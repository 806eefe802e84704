use std::alloc::Global;
use std::test::Fail;
use ws_model::{
    Account, Alg, Bytes, Cause, Event, Fate, How, Intent, Mode, NoMemory, Tally, Version, What,
    Work,
};
use ws_plain::{account, all_fates, due, fate, keep, live, notices, pending};

const TOPIC: &str = "http://pub.example/x";

const CALLBACK: &str = "http://sub.example/cb";

const OTHER_CALLBACK: &str = "http://sub.example/cc";

fn bytes(alloc: Global, text: &str) -> Result<Bytes, NoMemory> {
    Bytes::copy(alloc, text.as_bytes())
}

fn asked(alloc: Global, n: u64, callback: &str, granted: u32) -> Result<What, NoMemory> {
    Ok(What::Asked(Intent {
        n,
        mode: Mode::On,
        topic: bytes(alloc, TOPIC)?,
        echo: bytes(alloc, TOPIC)?,
        callback: bytes(alloc, callback)?,
        secret: bytes(alloc, "")?,
        granted,
        alg: Alg::Sha256,
    }))
}

fn pinged(alloc: Global) -> Result<What, NoMemory> {
    Ok(What::Pinged {
        topic: bytes(alloc, TOPIC)?,
    })
}

fn fetched(alloc: Global, ver: u64, upto: u64) -> Result<What, NoMemory> {
    Ok(What::Fetched(Version {
        ver,
        topic: bytes(alloc, TOPIC)?,
        upto,
        media: bytes(alloc, "text/plain")?,
        own_link: bytes(alloc, TOPIC)?,
        body: bytes(alloc, "hello")?,
    }))
}

fn missed(ver: u64, lease: u64) -> What {
    What::Pushed {
        ver,
        lease,
        how: How::Missed(503),
    }
}

fn happen(events: &mut Vec<Event>, serial: u64, t: u64, what: What) -> Result<(), NoMemory> {
    events.push(Event { serial, t, what })?;
    Ok(())
}

// A lease of ten days from 1000 on.
fn leased(alloc: Global) -> Result<Vec<Event>, NoMemory> {
    let mut events = Vec::new(alloc);
    happen(&mut events, 1, 1000, asked(alloc, 1, CALLBACK, 864_000)?)?;
    happen(&mut events, 2, 1000, What::Confirmed { n: 1, sent: 1000 })?;
    Ok(events)
}

#[test]
fn renewal_carries_owed_push(rt: HostRuntime) -> Result<(), Fail> {
    let alloc = rt.alloc();
    let mut events = leased(alloc)?;
    happen(&mut events, 3, 1999, pinged(alloc)?)?;
    happen(&mut events, 4, 2000, fetched(alloc, 1, 3)?)?;
    happen(&mut events, 5, 2000, missed(1, 1))?;
    happen(&mut events, 6, 2010, missed(1, 1))?;
    let tried = Some(Fate::Owed {
        tries: 2,
        next: 2040,
    });
    assert_eq!(rt; fate(alloc, &events, 1, 1, 2040)?, tried);
    assert_eq!(rt; due(alloc, &events, 2039, &[])?.len(), 0);
    happen(&mut events, 7, 2041, asked(alloc, 2, CALLBACK, 864_000)?)?;
    assert_eq!(rt; pending(alloc, &events)?.len(), 1);
    happen(&mut events, 8, 2042, What::Confirmed { n: 2, sent: 2041 })?;
    let anew = Some(Fate::Owed {
        tries: 0,
        next: 2042,
    });
    assert_eq!(rt; fate(alloc, &events, 1, 2, 2042)?, anew);
    let replaced = Some(Fate::Ended(Cause::Replaced));
    assert_eq!(rt; fate(alloc, &events, 1, 1, 2042)?, replaced);
    assert_eq!(rt; fate(alloc, &events, 2, 1, 2042)?, None);
    let all = all_fates(alloc, &events, 2042)?;
    assert_eq!(rt; all.len(), 2);
    assert_eq!(rt; (all[0].ver, all[0].lease, Some(all[0].fate)), (1, 2, anew));
    assert_eq!(rt;
        (all[1].ver, all[1].lease, Some(all[1].fate)),
        (1, 1, replaced)
    );
    let push = [Work::Push { ver: 1, lease: 2 }];
    assert_eq!(rt; due(alloc, &events, 2042, &[])?.as_slice(), push.as_slice());
    assert_eq!(rt; due(alloc, &events, 2042, &push)?.len(), 0);
    let live = live(alloc, &events, 2042)?;
    assert_eq!(rt; live.len(), 1);
    assert_eq!(rt; live[0].intent.n, 2);
    Ok(())
}

// Version 1 is born at 1000, version 2 at 1050; each miss comes when its try is due.
#[test]
fn eight_misses_spend(rt: HostRuntime) -> Result<(), Fail> {
    let alloc = rt.alloc();
    let mut events = leased(alloc)?;
    happen(&mut events, 3, 1000, fetched(alloc, 1, 2)?)?;
    for (serial, t) in [(4, 1000), (5, 1010), (6, 1040)] {
        happen(&mut events, serial, t, missed(1, 1))?;
    }
    happen(&mut events, 7, 1050, fetched(alloc, 2, 6)?)?;
    for (serial, t) in [(8, 1100), (9, 1400), (10, 2300), (11, 5900)] {
        happen(&mut events, serial, t, missed(1, 1))?;
    }
    assert_eq!(rt; due(alloc, &events, 16_699, &[])?.len(), 0);
    let lower = [Work::Push { ver: 1, lease: 1 }];
    assert_eq!(rt;
        due(alloc, &events, 16_700, &[])?.as_slice(),
        lower.as_slice()
    );
    happen(&mut events, 12, 16_700, missed(1, 1))?;
    let spent = Some(Fate::Ended(Cause::Spent));
    assert_eq!(rt; fate(alloc, &events, 1, 1, 16_700)?, spent);
    let higher = [Work::Push { ver: 2, lease: 1 }];
    assert_eq!(rt;
        due(alloc, &events, 16_700, &[])?.as_slice(),
        higher.as_slice()
    );
    Ok(())
}

// Verifications by number, notices, fetches; the fetch is drawn at the greatest serial.
#[test]
fn work_in_its_order(rt: HostRuntime) -> Result<(), Fail> {
    let alloc = rt.alloc();
    let mut events = leased(alloc)?;
    happen(&mut events, 3, 1001, asked(alloc, 2, OTHER_CALLBACK, 60)?)?;
    happen(&mut events, 4, 1001, pinged(alloc)?)?;
    let reason = bytes(alloc, "revoked")?;
    happen(&mut events, 5, 1001, What::Revoked { n: 1, reason })?;
    happen(&mut events, 6, 1001, asked(alloc, 3, CALLBACK, 60)?)?;
    let notices = notices(alloc, &events)?;
    assert_eq!(rt; notices.len(), 1);
    assert_eq!(rt; notices[0].n, 1);
    let topic = bytes(alloc, TOPIC)?;
    let works = [
        Work::Verify { n: 2 },
        Work::Verify { n: 3 },
        Work::Notice { n: 1 },
        Work::Fetch { topic, upto: 6 },
    ];
    assert_eq!(rt;
        due(alloc, &events, 1001, &[])?.as_slice(),
        works.as_slice()
    );
    Ok(())
}

// The account of one live lease, one topic and two answered pairs.
fn two_answered() -> Account {
    Account {
        pending: 0,
        notices: 0,
        leases: 1,
        topics: 1,
        fetches: 0,
        owed: 0,
        answered: 2,
        expired: 0,
        unsubscribed: 0,
        replaced: 0,
        gone: 0,
        spent: 0,
        revoked: 0,
    }
}

// The second lease has expired; its pair is in the Tally.
fn one_forgotten() -> What {
    What::Tally(Tally {
        now: 2000,
        serial: 8,
        intent: 2,
        version: 1,
        answered: 1,
        expired: 0,
        unsubscribed: 0,
        replaced: 0,
        gone: 0,
        spent: 0,
        revoked: 0,
    })
}

#[test]
fn compaction_keeps_counts(rt: HostRuntime) -> Result<(), Fail> {
    let alloc = rt.alloc();
    let mut events = Vec::new(alloc);
    happen(&mut events, 1, 1000, asked(alloc, 1, CALLBACK, 864_000)?)?;
    happen(&mut events, 2, 1000, asked(alloc, 2, OTHER_CALLBACK, 60)?)?;
    happen(&mut events, 3, 1000, What::Confirmed { n: 1, sent: 1000 })?;
    happen(&mut events, 4, 1000, What::Confirmed { n: 2, sent: 1000 })?;
    happen(&mut events, 5, 1001, pinged(alloc)?)?;
    happen(&mut events, 6, 1001, fetched(alloc, 1, 5)?)?;
    for lease in 1..=2u64 {
        let how = How::Done;
        happen(
            &mut events,
            6 + lease,
            1001 + lease,
            What::Pushed { ver: 1, lease, how },
        )?;
    }
    assert_eq!(rt; account(alloc, &events, 2000)?, two_answered());
    let kept = keep(alloc, &events, 2000)?;
    assert_eq!(rt; account(alloc, &kept, 2000)?, two_answered());
    let serials = [0u64, 1, 3, 6, 7];
    assert_eq!(rt; kept.len(), serials.len());
    for (event, serial) in kept.iter().zip(&serials) {
        assert_eq!(rt; event.serial, *serial);
    }
    assert!(rt; kept[0].what == one_forgotten());
    Ok(())
}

+ + + +

- _Exercise prompt_:
Set down exactly the lines above, from the one containing "happen(&mut events, 5, 1001, pinged(alloc)?)?;" to the final line of the material, with both ends kept and no other lines.

- _Answer box_:
    happen(&mut events, 5, 1001, pinged(alloc)?)?;
    happen(&mut events, 6, 1001, fetched(alloc, 1, 5)?)?;
    for lease in 1..=2u64 {
        let how = How::Done;
        happen(
            &mut events,
            6 + lease,
            1001 + lease,
            What::Pushed { ver: 1, lease, how },
        )?;
    }
    assert_eq!(rt; account(alloc, &events, 2000)?, two_answered());
    let kept = keep(alloc, &events, 2000)?;
    assert_eq!(rt; account(alloc, &kept, 2000)?, two_answered());
    let serials = [0u64, 1, 3, 6, 7];
    assert_eq!(rt; kept.len(), serials.len());
    for (event, serial) in kept.iter().zip(&serials) {
        assert_eq!(rt; event.serial, *serial);
    }
    assert!(rt; kept[0].what == one_forgotten());
    Ok(())
}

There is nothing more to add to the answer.